ASSIGNED TASK » Please copy exactly every line from the one that contains "A caller that" to the end of the data below, with both ends included and no other lines.

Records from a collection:
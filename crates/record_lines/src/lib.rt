//! Reads a record: bytes in lines, each of which says an event. The events and the fault are those of the whole
//! text, whatever pieces the bytes come in.
//!
//! A caller that reads to the end keeps what was taken and answered so far beside the reader, as `Reads` relates
//! them. Its loop ends by `room`.
#![tactic(auto)]

mod common;
mod line;
mod outcome;
mod piece;
mod reader;
#[cfg(test)]
mod tests;

pub use ecam_spec::{FaultKind, RecordFault};
pub use outcome::LineError;
pub use reader::LineReader;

TASK ANSWER »
//! A caller that reads to the end keeps what was taken and answered so far beside the reader, as `Reads` relates
//! them. Its loop ends by `room`.
#![tactic(auto)]

mod common;
mod line;
mod outcome;
mod piece;
mod reader;
#[cfg(test)]
mod tests;

pub use ecam_spec::{FaultKind, RecordFault};
pub use outcome::LineError;
pub use reader::LineReader;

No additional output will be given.